2022-12-02

Decentralized Clinical Trial with Integration in Mind (TRPMA)

EffPha’s President and CEO, Dr. Frank Shen was invited by Taiwan Research-based Biopharmaceutical Manufacturers Association (TRPMA) to give a special speech on Dec 2, 2022 with the topic of Decentralized Clinical Trial (DCT) with Integration in Mind, which is a method of conducting clinical trials that Western countries continually investigate in order to address the challenges in clinical trials.

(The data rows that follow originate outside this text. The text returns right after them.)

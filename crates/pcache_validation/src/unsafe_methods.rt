//! What a response to an unsafe method takes away (RFC 9111 section 4.4).

ghost use Rattle.std.specs.Prelude.{◌≡◌, ◌↔◌, IsTrue, IfOk, IfSome, Ok, None, codes};
ghost use Rattle.pcache_meta.specs.Header.{shown_fields};
ghost use Rattle.pcache_validation.specs.Fields.{only};
ghost use Rattle.pcache_validation.specs.Unsafe.{AreOfOneOrigin, Invalidates, IsNamedBy, IsNoError, IsOfOrigin, IsSafe};
ghost use Rattle.url.specs.Parser.{IsOutOfRoom};
ghost use Rattle.url.specs.Parts.{Parts};

use crate::fields::only;
use http::{Method, StatusCode};
use http_header::{CONTENT_LOCATION, HeaderMap, HeaderName, LOCATION};
use pcache_base::error::Result;
use std::alloc::AllocError;
use url::{ParseError, Url};

/// Whether a method is safe: GET, HEAD, OPTIONS and TRACE are (RFC 9110 section 9.2.1). One whose
/// safety is unknown counts as unsafe.
pub fn is_safe(method: &Method) -> bool
    ensures { IsTrue result ↔ IsSafe method.now }
{
    *method == Method::GET
        || *method == Method::HEAD
        || *method == Method::OPTIONS
        || *method == Method::TRACE
}

fn is_no_error(status: StatusCode) -> bool
    ensures { IsTrue result ↔ IsNoError status }
{
    200 <= status.as_u16() && status.as_u16() < 400
}

/// Whether a response of this status, to a request of this method, invalidates what is stored for
/// the target URI: the method is unsafe, and the status is one of success or redirection.
pub fn invalidates(method: &Method, status: StatusCode) -> bool
    ensures { IsTrue result ↔ Invalidates method.now status }
{
    !is_safe(method) && is_no_error(status)
}

/// Whether two URIs are of the same origin: the same scheme, host and port (RFC 9110 section
/// 4.3.1).
pub fn is_same_origin(a: &Url, b: &Url) -> bool
    ensures { IsTrue result ↔ AreOfOneOrigin a.now b.now }
{
    a.scheme() == b.scheme()
        && a.host_str() == b.host_str()
        && a.port_or_known_default() == b.port_or_known_default()
}

// Whether a URL could not be made for lack of memory, or is too long.
fn is_out_of_room(error: ParseError) -> bool
    ensures { IsTrue result ↔ IsOutOfRoom error }
{
    match error {
        ParseError::OutOfMemory => true,
        ParseError::Overflow => true,
        _ => false,
    }
}

/// The URI that a reference of the response names, if it is of the origin of the target URI, against
/// which it is resolved. What is no reference names none. Fails only if there is no room for the URI.
pub fn of_origin(target: &Url, reference: &[u8]) -> Result<Option<Url>, AllocError>
    ensures found { IfOk result (λ found. IfSome found (IsOfOrigin target.now reference.now)) }
    ensures none { result ≡ Ok None
        → (uri : Parts)
        → ¬ (IsOfOrigin target.now reference.now uri) }
{
    let Ok(text) = str::from_utf8(reference) else {
        return Ok(None);
    };
    match target.join(text) {
        Ok(uri) => {
            if is_same_origin(target, &uri) {
                Ok(Some(uri))
            } else {
                Ok(None)
            }
        }
        Err(error) => {
            if is_out_of_room(error) {
                Err(AllocError)
            } else {
                Ok(None)
            }
        }
    }
}

// The URI that the one line of a field names, if it is of the origin of the target URI.
fn named_by(target: &Url, fields: &HeaderMap, name: &HeaderName) -> Result<Option<Url>, AllocError>
    ensures found { IfOk result
        (IsNamedBy target.now (only (shown_fields fields.now) name.now)) }
{
    match only(fields, name) {
        Some(reference) => of_origin(target, reference.as_bytes()),
        None => Ok(None),
    }
}

/// Which URIs besides the target URI a response to an unsafe method may invalidate: what its
/// Location and its Content-Location name, if that is of the origin of the target URI.
#[derive(Drop)]
pub struct Invalidated {
    /// What Location names.
    pub location: Option<Url>,
    /// What Content-Location names.
    pub content_location: Option<Url>,
}

/// Which URIs besides the target URI a response invalidates, if it is one that `invalidates` says
/// invalidates the target. Allocates for each URI; fails only if there is no room for one.
pub fn taken_away(target: &Url, response: &HeaderMap) -> Result<Invalidated, AllocError>
    ensures location { IfOk result (λ found. IsNamedBy target.now
        (only (shown_fields response.now) (codes "location")) found.location) }
    ensures content_location { IfOk result (λ found. IsNamedBy target.now
        (only (shown_fields response.now) (codes "content-location")) found.content_location) }
{
    let location = named_by(target, response, &LOCATION)?;
    let content_location = named_by(target, response, &CONTENT_LOCATION)?;
    Ok(Invalidated {
        location,
        content_location,
    })
}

This speech has attracted many TFDA drug reviewers, members of Division of New Drugs in Center for Drug Evaluation (CDE), and the experts who are concerned about the development of new drugs, clinical trials, and the regulations of the development of digital clinical trials to join and discuss.

The COVID-19 pandemic has accelerated global industrial digital transformation, and also significantly impacted clinical application and drug development at the same time. In the post-pandemic era, how to use digital health technologies to perform telehealth and decentralized clinical trials using remote data collection has become a hot global issue. The health authorities, including the US FDA and EMA, take the initiative in developing relevant guidance. TFDA and CDA officials also explained the policy at BioTaiwan Committee (BTC) of the Executive Yuan and Joint Conference of Taiwan and Japan on Medical Products Regulation in 2022, and planned to announce relevant draft guidance in 2023.

In order to let the audience know the development of decentralized clinical trials, Dr. Frank Shen illustrated the points of implementation for decentralized clinical trials based on the changes of clinical trial planning and strategy, and shared his experience by observing the development from remote trials to decentralized clinical trials in the US. In addition, Dr. Frank Shen shared the opportunities and challenges for decentralized clinical trials, and emphasized clinical trials require clear and precise objectives and results in this speech. That is, the implementation could be decentralized, but it could not further lead to the errors and bias of study results.